😍 2022-11-28 15:31:21 – Paris/France.
Human relationships can be something as wonderful as it is inexplicable, occurring in the most unexpected places and by the most unlikely combination of factors. A material that some independent filmmakers wanted to capture as if it were not a quality that slips through your fingers as if you were trying to catch water with something other than a container.
But sometimes, movie magic manages to be that vessel. Even though during filming it seems that this elusive quality is maintained, the final union of images and sounds ends up capturing this strange inertia, this connection that in reality you cannot experience, does not specify. That's what makes 'Lost In Translation', Sofia Coppola's must-see film, indispensable.
Everybody wants to be found
Available to watch on Netflix, this surprisingly successful gem will remain on the platform of Streaming until next Wednesday 30 November. Perhaps there is no better opportunity to appreciate an artist in a state of grace, a precocious Scarlett Johansson and a Bill Murray ready to distort his public image to do one of his best jobs as an actor. actor.
Murray plays a declining actor who moves to Japan for a series of high-paying but unrewarding jobs. Advertisements for alcohol, promotion on variety shows in which he is clearly out of place and the aggravation of being in a country whose language he does not speak and is miles from someone you know. A situation strangely similar to that of the young woman played by Johansson, living there with her photographer husband and finding enormous loneliness when he is away.
A loneliness that seems to lessen when the two meet and begin to interact. The nature of their relationship is never explicit, or falls into the simplicity of romance, but stems from something much deeper, like the need for feel connected in a paradoxically active and hectic world. Two people who meet when they most need to find someone, without it having to be anything else.

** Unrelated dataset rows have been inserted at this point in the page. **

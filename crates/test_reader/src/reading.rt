//! A reader through the calls of a row.
ghost use Rattle.std.specs.Prelude.{◌≡◌, ◌≤◌, false, length};

use crate::told::{Told, bytes, value, word};
use crate::{known, next};
use jiter::client::value_by_steps;
use jiter::{Jiter, JiterError};
use std::alloc::{AllocError, Global};
use test_rows::{Partial, Row, bytes_of};

// A reader, and the last error of its calls.
#[derive(Drop)]
struct Reading<'j> {
    jiter: Jiter<'j>,
    bytes: &'j [u8],
    allow_inf_nan: bool,
    last_error: Option<JiterError>,
}

/// What the calls of the row answer, one after another, each with the index where it leaves the reader.
pub fn answer(alloc: Global, row: Row<'_>) -> Result<String, AllocError> {
    let bytes = bytes_of(alloc, row.input)?;
    let mut reading = Reading::new(bytes.as_slice(), row);
    let mut out = String::new(alloc);
    for (number, call) in row.call.split(',').enumerate() {
        let line = reading.line(alloc, call)?;
        if number > 0 {
            out.push_str("; ")?;
        }
        out.push_str(line.as_str())?;
    }
    Ok(out)
}

impl<'j> Reading<'j> {
    fn new(bytes: &'j [u8], row: Row<'_>) -> Reading<'j> {
        let jiter = Jiter::new(bytes);
        let jiter = if row.allow_inf_nan {
            jiter.with_allow_inf_nan()
        } else {
            jiter
        };
        let jiter = match row.partial {
            Partial::TrailingStrings => jiter.with_allow_partial_strings(),
            _ => jiter,
        };
        Reading {
            jiter,
            bytes,
            allow_inf_nan: row.allow_inf_nan,
            last_error: None,
        }
    }

    // What the call answers, and the index where it leaves the reader.
    fn line(&mut self, alloc: Global, call: &str) -> Result<String, AllocError> {
        let told = match self.call(alloc, call)? {
            Ok(told) => told,
            Err(error) => {
                let told = error.to_string(alloc)?;
                self.last_error = Some(error);
                told
            }
        };
        format!(in alloc; "{told} @{}", self.jiter.current_index())
    }

    fn call(&mut self, alloc: Global, call: &str) -> Told {
        if let Some(told) = next::scalar(alloc, &mut self.jiter, call) {
            return told;
        }
        if let Some(told) = next::container(alloc, &mut self.jiter, call) {
            return told;
        }
        let (name, argument) = call.split_once('=').unwrap_or((call, "0"));
        match name {
            "peek" => known::peek(alloc, &mut self.jiter),
            "known_null" | "known_str" | "known_bytes" | "known_array" | "known_object" => {
                known::by_type(alloc, &mut self.jiter, name)
            }
            "value_by_steps" => self.by_steps(alloc),
            "clone" => self.cloned(alloc),
            "with_tape" => self.with_tape(alloc),
            "error" => self.error(alloc),
            "out_of_memory" => Ok(Err(self.jiter.out_of_memory())),
            "debug" => Ok(Ok(format!(in alloc; "{:?}", self.jiter)?)),
            "current_position" | "error_position" | "slice_to_current" => {
                self.place(alloc, name, argument.parse().unwrap_or(0))
            }
            _ => match known::with_peek(alloc, &mut self.jiter, call) {
                Some(told) => told,
                None => word(alloc, "no such call"),
            },
        }
    }

    // Builds the next value by steps, with a reader made for that place.
    fn by_steps(&mut self, alloc: Global) -> Told {
        let index = self.jiter.current_index();
        if index > self.bytes.len() {
            return word(alloc, "past the end");
        }
        let mut jiter = reader_at(self.bytes, index, self.allow_inf_nan);
        let told = value(alloc, value_by_steps(alloc, &mut jiter));
        self.jiter = jiter;
        told
    }

    // Lets a clone skip a value, and tells where that leaves the clone.
    fn cloned(&mut self, alloc: Global) -> Told {
        let mut other = self.jiter.clone()?;
        match other.next_skip() {
            Ok(()) => Ok(Ok(format!(in alloc; "at {}", other.current_index())?)),
            Err(error) => Ok(Err(error)),
        }
    }

    // Begins again, with the buffer that the reader has by now. Tells whether there is one.
    fn with_tape(&mut self, alloc: Global) -> Told {
        let jiter = std::mem::replace(&mut self.jiter, Jiter::new(self.bytes));
        let tape = jiter.into_tape(alloc);
        let told = if tape.capacity() > 0 {
            "a tape"
        } else {
            "none"
        };
        self.jiter = Jiter::with_tape(self.bytes, tape);
        word(alloc, told)
    }

    // The last error: its cause and itself with a width, as `Debug` prints it, described, and its line and column.
    fn error(&self, alloc: Global) -> Told {
        let Some(error) = &self.last_error else {
            return word(alloc, "none");
        };
        let cause = &error.error_type;
        let described = error.description(alloc, &self.jiter)?;
        let place = error.get_position(&self.jiter).short(alloc)?;
        Ok(Ok(format!(in alloc; "{cause:>40} / {error:>40} / {error:?} / {described} / {place}")?))
    }

    // The line and the column where the reader is, or of an index, or the bytes from an index up to the reader.
    fn place(&self, alloc: Global, call: &str, index: usize) -> Told {
        if call == "slice_to_current" {
            return self.slice(alloc, index);
        }
        let position = if call == "current_position" {
            self.jiter.current_position()
        } else {
            self.jiter.error_position(index)
        };
        Ok(Ok(format!(in alloc; "{position}")?))
    }

    fn slice(&self, alloc: Global, start: usize) -> Told {
        let index = self.jiter.current_index();
        if start <= index {
            bytes(alloc, Ok(self.jiter.slice_to_current(start)))
        } else {
            word(alloc, "past the reader")
        }
    }
}

// A reader at an index, in which each string ends with its quote.
fn reader_at(bytes: &[u8], index: usize, allow_inf_nan: bool) -> Jiter<'_>
    requires { index ≤ length bytes.now }
    ensures { result.partial_strings ≡ false }
{
    let jiter = Jiter::new_at(bytes, index);
    if allow_inf_nan {
        jiter.with_allow_inf_nan()
    } else {
        jiter
    }
}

“Lost In Translation”: emotional maelstrom
Coppola manages to bring us into the complex emotional vortex, making an intimate portrait but not a modest sinner. The fascinating life of Japan, the ubiquitous lights, the atmospheric guitar sounds that fill the room. His narrative capacity has never been so high, here avoiding that unfair stigma that makes him end up making very beautiful films but empty of content.
Nothing represents him better than his use of Bill Murray in the film. She and Wes Anderson are among the few who have been able to capture this inherent sadness in the characters she regularly played and shaped her star image. Here, he is reversed and paints an honest and moving portrait. Johansson manages to be quite on his level, but he manages to be one of the big winners of a special movie.